2021 Outreach Resource of the Year - Racial Reconciliation 2020 The Gospel Coalition Book Award - First-Time Author Award - Honorable Mention The church is at its best when it pursues the biblical value of unity in diversity. Our world has been torn asunder by racial, ethnic, and ideological differences. It is seen in our politics, felt in our families, and ingrained in our theology. Sadly, the church has often reinforced these ethnic and racial divides. To cast off the ugliness of disunity and heal our fractured humanity, we must cultivate spiritual practices that help us pursue beautiful community. In The Beautiful Community, pastor and theologian Irwyn Ince boldly unpacks the reasons for our divisions while gently guiding us toward our true hope for wholeness and reconciliation. God reveals himself to us in his trinitarian life as the perfection of beauty, and essential to this beauty is his work as Father, Son, and Holy Spirit. The gospel imperative to pursue the beautiful community—unity in diversity across lines of difference—is rooted in reflecting the beautiful community of our triune God. This book calls us into and provides tools for that pursuit.

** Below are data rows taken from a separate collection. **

#![tactic(auto)]
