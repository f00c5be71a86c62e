// A status change on the status alone: what it leaves of the status, and its receipt.
#![tactic(auto)]

ghost use Rattle.std.specs.Prelude.{◌≡◌, ◌≤◌};
ghost use Rattle.status.specs.Status.{flagged, status_after};
ghost use Rattle.status.specs.Stages.{changed_status};

use charge::Charged;
use receipt::{Kind, Receipt, amounts_receipt, refusal_receipt};
use refusal::{Refusal, refuse_if};

// The status after a change, and the receipt, also of a refused one (document 01; `After` of pool).
#[derive(Clone, Copy)]
pub struct StatusAfter {
    pub status: u64,
    pub receipt: Receipt,
}

// The status with one bit cleared (flag 0) or set (flag 1); the other bits stay. No branch on the bit.
#[tactic(auto, using(crate::proofs::Places::set_fits, crate::proofs::Places::set_is), unfolding(crate::specs::Status::flagged))]
fn with_bit(status: u64, bit: u64, flag: u64) -> u64
    requires { (bit ≤ 2) × (flag ≤ 1) }
    ensures { result ≡ flagged bit flag status }
{
    let place = 1 << bit;
    status - (status >> bit) % 2 * place + flag * place
}

// Bit above 2 or flag above 1, 3; else the status with the bit as the flag says.
#[tactic(auto, unfolding(crate::specs::Status::status_tests, refusal::specs::Tests::outcome, refusal::specs::Tests::tested))]
fn changed(status: u64, bit: u64, flag: u64) -> Result<u64, Refusal>
    ensures { result ≡ changed_status status bit flag }
{
    refuse_if(&[
        (bit > 2, Refusal::INVALID_INPUT),
        (flag > 1, Refusal::INVALID_INPUT),
    ])?;
    Ok(with_bit(status, bit, flag))
}

// Bit above 2 or flag above 1, 3, with the status as it was; flag 0 clears, 1 sets.
#[tactic(auto, unfolding(crate::specs::Status::status_tests, crate::specs::Status::status_after, refusal::specs::Tests::outcome))]
pub fn decide(status: u64, bit: u64, flag: u64) -> StatusAfter
    ensures { result ≡ status_after status bit flag }
{
    match changed(status, bit, flag) {
        Err(refusal) => StatusAfter {
            status,
            receipt: refusal_receipt(refusal.number()),
        },
        Ok(status) => StatusAfter {
            status,
            receipt: amounts_receipt(Kind::SetStatus as u64, 0, 0, 0, 0, 0, Charged::default()),
        },
    }
}
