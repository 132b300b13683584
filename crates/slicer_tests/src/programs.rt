//! Programs that several tests are over.

/// Two variables, each with a value of its own.
pub(crate) const TWO: &str = r#"#include <stdio.h>
int main(void) {
    int a = 1;
    int b = 2;
    a = a + 3;
    b = b + 4;
    printf("%d\n", a);
    printf("%d\n", b);
}
"#;

/// A do that goes round once, and a for.
pub(crate) const LOOPS: &str = r#"#include <stdio.h>
int main(void) {
    int s = 0;
    int j = 0;
    do {
        s = s + 1;
    } while (0);
    for (s = 0; j < 2; j++) {
        putchar('a' + j);
        s = s + j;
    }
    printf("%d\n", s);
}
"#;

/// A for, and all of it on one line.
pub(crate) const ONE: &str = "int main(void){int x=0,i;for(i=0;i<3;++i)x+=i;}";

/// A switch with a default.
pub(crate) const SWITCH: &str = r#"#include <stdio.h>
int main(void) {
    int c = 'b';
    int r = 0;
    int q = 0;
    switch (c) {
    case 'a':
        q = 1;
        break;
    case 'b':
        r = 2;
        break;
    default:
        r = 3;
    }
    printf("%d\n", r);
    printf("%d\n", q);
}
"#;

/// A switch over what is read.
pub(crate) const READING_SWITCH: &str = r#"#include <stdio.h>
int main(void) {
    int c = getchar();
    int r = 0;
    int q = 0;
    switch (c) {
    case 'a':
        q = 1;
        break;
    case 'b':
        r = 2;
        break;
    default:
        r = 3;
    }
    printf("%d\n", r);
    printf("%d\n", q);
}
"#;

/// A loop with two calls, one of which calls again.
pub(crate) const ADD: &str = r#"#include <stdio.h>
int add(int a, int b) {
    return a + b;
}
int increment(int z) {
    z = add(z, 1);
    return z;
}
int main(void) {
    int sum = 0;
    int i = 1;
    while (i < 11) {
        sum = add(sum, i);
        i = increment(i);
    }
    printf("%d\n", sum);
    printf("%d\n", i);
}
"#;

/// Two calls of a function that sets two globals.
pub(crate) const PICK: &str = r#"#include <stdio.h>
int g;
int h;
void set(int a, int b) {
    g = a;
    h = b;
}
int main(void) {
    int x = 1;
    int y = 2;
    int u = 3;
    int v = 4;
    set(x, y);
    int k = g;
    set(u, v);
    printf("%d\n", k + h);
    printf("%d\n", u);
}
"#;

/// A call of a function that sets a global to a changed parameter.
pub(crate) const SETTING: &str = r#"#include <stdio.h>
int g;
void f(int a) {
    a = 5;
    g = a;
}
int main(void) {
    int x = 7;
    f(x + 1);
    printf("%d\n", g);
}
"#;

/// A function that calls itself, and writes through a pointer.
pub(crate) const RECURSIVE: &str = r#"#include <stdio.h>
int f(int k, int *up) {
    int r = 0;
    if (up != NULL) {
        *up = 9;
    }
    int x = k;
    if (k > 0) {
        r = f(k - 1, &x);
        r = x;
    }
    return r;
}
int main(void) {
    int t = f(1, NULL);
    printf("%d\n", t);
}
"#;

/// Two functions that call one another.
pub(crate) const MUTUAL: &str = r#"#include <stdio.h>
int odd(int n, int a);
int even(int n, int a) {
    int r = 1;
    if (n > 0) {
        r = odd(n - 1, a);
    }
    return r;
}
int odd(int n, int a) {
    int r = a;
    if (n > 0) {
        r = even(n - 1, a);
    }
    return r;
}
int main(void) {
    int c = getchar();
    int e = even(5, 7);
    int o = odd(2, c);
    printf("%d\n", e);
    printf("%d\n", o);
}
"#;

/// A pointer to memory from malloc.
pub(crate) const HEAP: &str = r#"#include <stdio.h>
#include <stdlib.h>
int main(void) {
    int *p = malloc(sizeof(int));
    *p = 5;
    printf("%d\n", *p);
    free(p);
}
"#;

/// A division by what is read.
pub(crate) const DIVIDES: &str = r#"#include <stdio.h>
int main(void) {
    int m = -2147483647 - 1;
    int d = getchar();
    int k = 1;
    k = m / d;
    printf("%d\n", k);
}
"#;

2021 Outreach Resource of the Year - Racial Reconciliation 2020 The Gospel Coalition Book Award - First-Time Author Award - Honorable Mention The church is at its best...


Advance Praise

"Irwyn Ince is not merely a gifted thinker and writer on the subject of loving across the lines of difference. He is also, and has been for the duration of his life and ministry, a compelling practitioner of these important kingdom matters about which he writes. Irwyn is also my good friend. I have learned much from him and have been loved well by him. The same is true of the community that I serve, as we have drawn on Irwyn's wisdom in our own effort to honor the call of our Lord, who demolishes dividing walls and brings together Jew and Gentile—and every other race that is part of humanity—under Christ. If you are eager to move forward in the triune God's call to love and build community with those who are not like you, then this is the book for you."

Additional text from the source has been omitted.